If you open the triangle group and run the model called Good you obtain the following model display. It describes the trends in the three directions and the variances of the normal distribution versus development year. The model shows a high level of volatility by development period (see lower right hand side chart), along with high parameter uncertainty (see calendar year trends in particular).

Given the residuals are normally distributed (above), we forecast normal distributions for each cell (and their correlations) going forward, then transform them to the corresponding log-normal distributions.

The mean and standard deviation of the log-normals are displayed in the forecast table with additional information.

Note that the forecasts are computed assuming that the true calendar year trend (going forward) is a realization from a normal distribution with mean 5.63% and standard deviation 4.33%.

The larger the variance of the normal distribution, the larger the mean of the corresponding log-normal.

We run the following four forecast scenarios sequentially (re-estimating the model between each step so extra lines are added in the log-book).

Including parameter uncertainty and process variability (default forecast)
Excluding parameter uncertainty
Excluding process variability
Excluding both parameter uncertainty and process variability

These parameters can be controlled in the forecast dialog in the marked locations:

Note that the Total Reserve Mean and Total Reserve Standard Deviation of the first run – including parameter uncertainty and process volatility – are the largest.

The second run, excluding the parameter uncertainty, has a lower mean reserve to (1) and a significantly lower SD of the reserve distribution.
This is due to the high uncertainty about the future calendar year trend in particular.

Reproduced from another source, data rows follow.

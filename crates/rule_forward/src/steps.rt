// The check of one value against later variables, one at a time.
ghost use Rattle.std.specs.Prelude.{◌≡◌, cond, ℕ, ◌^◌, ◌≤◌, ◌<◌, T, eqb, length, get_or};
ghost use Rattle.std.specs.Option.{option_or};
ghost use Rattle.std.specs.Int.Bits.{bit_or};
ghost use Rattle.mask.specs.Mask.{bit};
ghost use Rattle.mask.specs.Found.{found};
ghost use Rattle.solver_arrays.specs.Arrays.{row_in};
ghost use Rattle.rule_forward.specs.OneValue.{later_of, left_of, fails_at, checked_at, failing, checked_words, first_failing, Unmoved, first_losing, losing_at, ahead};

use mask::{contains, everyone, members_of, single};
use solver_arrays::{Arrays, add_reason};

// The neighbours of x after it and below n.
pub fn later(arrays: &Arrays, x: usize) -> u32
    requires { x < 32 }
    ensures { result ≡ later_of (get_or arrays.now.near x 0) x arrays.now.n }
{
    arrays.later_neighbours(x) & everyone(arrays.n)
}

// What the row r leaves of the mask m of a variable that is universal where u says so.
fn left_of(u: bool, r: u16, m: u16) -> u16
    ensures { result ≡ left_of u r m }
{
    if u { m } else { m & r }
}

// Whether the check fails there.
fn fails_at(u: bool, r: u16, m: u16) -> bool
    ensures { result ≡ fails_at u r m }
{
    let met = m & r;
    if u { met != m } else { met == 0 }
}

// The mask of variable j loses what does not go with the row r.
fn keep_at(u: bool, r: u16, q: u32, j: usize, w: &mut [u16])
    requires { (j < 32) × (96 ≤ length w.old) }
    ensures { w.new ≡ checked_at u r q w.old j }
{
    let m = w[j];
    let k = left_of(u, r, m);
    if k != m {
        w[j] = k;
        add_reason(w, j, q);
    }
}

// Whether the check of value a of x fails at variable j.
#[tactic(auto, unfolding(crate::specs::OneValue::failing))]
fn fails(arrays: &Arrays, x: usize, a: usize, j: usize, w: &[u16]) -> bool
    requires { (x < 32) × (a < 16) × (j < 32) × (96 ≤ length w.now) }
    ensures { result ≡ failing arrays.now x a w.now j }
{
    fails_at(contains(arrays.universal, j), arrays.row(x, a, j), w[j])
}

// The check of value a of x at variable j: whether it fails there.
#[tactic(auto, unfolding(crate::specs::OneValue::failing))]
fn check_at(arrays: &Arrays, x: usize, a: usize, q: u32, j: usize, w: &mut [u16]) -> bool
    requires { (x < 32) × (a < 16) × (j < 32) × (96 ≤ length w.old) }
    ensures { (result ≡ failing arrays.now x a w.old j)
        × (w.new ≡ checked_at (bit arrays.now.universal j) (row_in arrays.now x a j) q w.old j) }
{
    let u = contains(arrays.universal, j);
    let r = arrays.row(x, a, j);
    let lost = fails_at(u, r, w[j]);
    keep_at(u, r, q, j, w);
    lost
}

// The first that failed, j where none did before it.
fn first_lost(named: Option<usize>, lost: bool, j: usize) -> Option<usize>
    ensures { result ≡ cond lost (option_or named (Some j)) named }
{
    if lost { named.or(Some(j)) } else { named }
}

// The mask m, with j in it where its domain changed.
fn noted(m: u32, j: usize, old: u16, new: u16) -> u32
    requires { j < 32 }
    ensures { result ≡ cond (eqb new old) m (bit_or m (2 ^ j)) }
{
    if new == old { m } else { m | single::<u32>(j) }
}

// What a check finds: the lowest variable where it fails, or none; and the variables that lost values.
#[derive(Clone, Copy)]
pub struct Checked {
    pub named: Option<usize>,
    pub narrowed: u32,
}

// The check at each member of m.
pub fn check_each(arrays: &Arrays, x: usize, a: usize, q: u32, m: u32, w: &mut [u16]) -> Checked
    requires { (x < 32) × (a < 16) × (96 ≤ length w.old) × ((k : ℕ) → T (bit m k) → k < arrays.now.n) }
    ensures { (result.named ≡ found arrays.now.n (first_failing arrays.now x a arrays.now.n (bit m) w.old))
        × (w.new ≡ checked_words arrays.now x a arrays.now.n q (bit m) w.old)
        × Unmoved result.narrowed w.old w.new }
{
    let mut named = None;
    let mut narrowed: u32 = 0;
    for j in members_of(m) {
        let old = w[j];
        let lost = check_at(arrays, x, a, q, j, w);
        narrowed = noted(narrowed, j, old, w[j]);
        named = first_lost(named, lost, j);
    }
    Checked { named, narrowed }
}

// The lowest member of m where the check fails; nothing is written.
pub fn failing_from(arrays: &Arrays, x: usize, a: usize, m: u32, w: &[u16]) -> Option<usize>
    requires { (x < 32) × (a < 16) × (96 ≤ length w.now) × ((k : ℕ) → T (bit m k) → k < arrays.now.n) }
    ensures { result ≡ found arrays.now.n (first_failing arrays.now x a arrays.now.n (bit m) w.now) }
{
    members_of(m).find(|j| fails(arrays, x, a, *j, w))
}

// The domain of variable i where it is universal, else nothing.
pub fn tried(universal: u32, i: usize, w: &[u16]) -> u16
    requires { (i < 32) × (96 ≤ length w.now) }
    ensures { result ≡ cond (bit universal i) (get_or w.now i 0) 0 }
{
    if contains(universal, i) { w[i] } else { 0 }
}

// A value of a universal variable whose forward check is a loss, and the variable that this loss names.
#[derive(Clone, Copy, Default)]
pub struct Ahead {
    pub value: usize,
    pub variable: usize,
}

// The lowest value of the mask d whose check against the members of m is a loss, and the variable that this loss names.
pub fn losing_from(arrays: &Arrays, x: usize, m: u32, d: u16, w: &[u16]) -> Option<Ahead>
    requires { (x < 32) × (96 ≤ length w.now) × ((k : ℕ) → T (bit m k) → k < arrays.now.n) }
    ensures { result ≡ ahead (first_losing arrays.now x arrays.now.n m d w.now)
        (losing_at arrays.now x arrays.now.n m d w.now) }
{
    for value in members_of(d) {
        if let Some(variable) = failing_from(arrays, x, value, m, w) {
            return Some(Ahead { value, variable });
        }
    }
    None
}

In our example, the future calendar year trend (on a log scale) comes from a normal distribution with mean 5.63% and standard deviation 4.33%.
That is, the impact of inflation on the next calendar year is exp(iota) where iota comes from the N(0.0563, 0.0433^2).
The mean of exp(iota) = exp(0.0563 + ½ * 0.0433^2). The larger the uncertainty about the future parameter, the larger the mean.

This is the reason the mean payment increases when parameter uncertainty increases around the estimated mean parameters.

Excluding process variability (run 3), has a greater impact on the mean than run 2, but lower impact on the standard deviation of the reserve distribution.

As soon as all uncertainty and variability are removed from the calculation of the forecast, the standard deviation of the reserve distribution is 0 and the total reserve mean is the lowest projection of the four forecast scenarios.

The computation of the Best Estimate necessarily involves the measurement of uncertainty and variability. It is conducted in the context of probability distributions where any assumptions are supported by the data.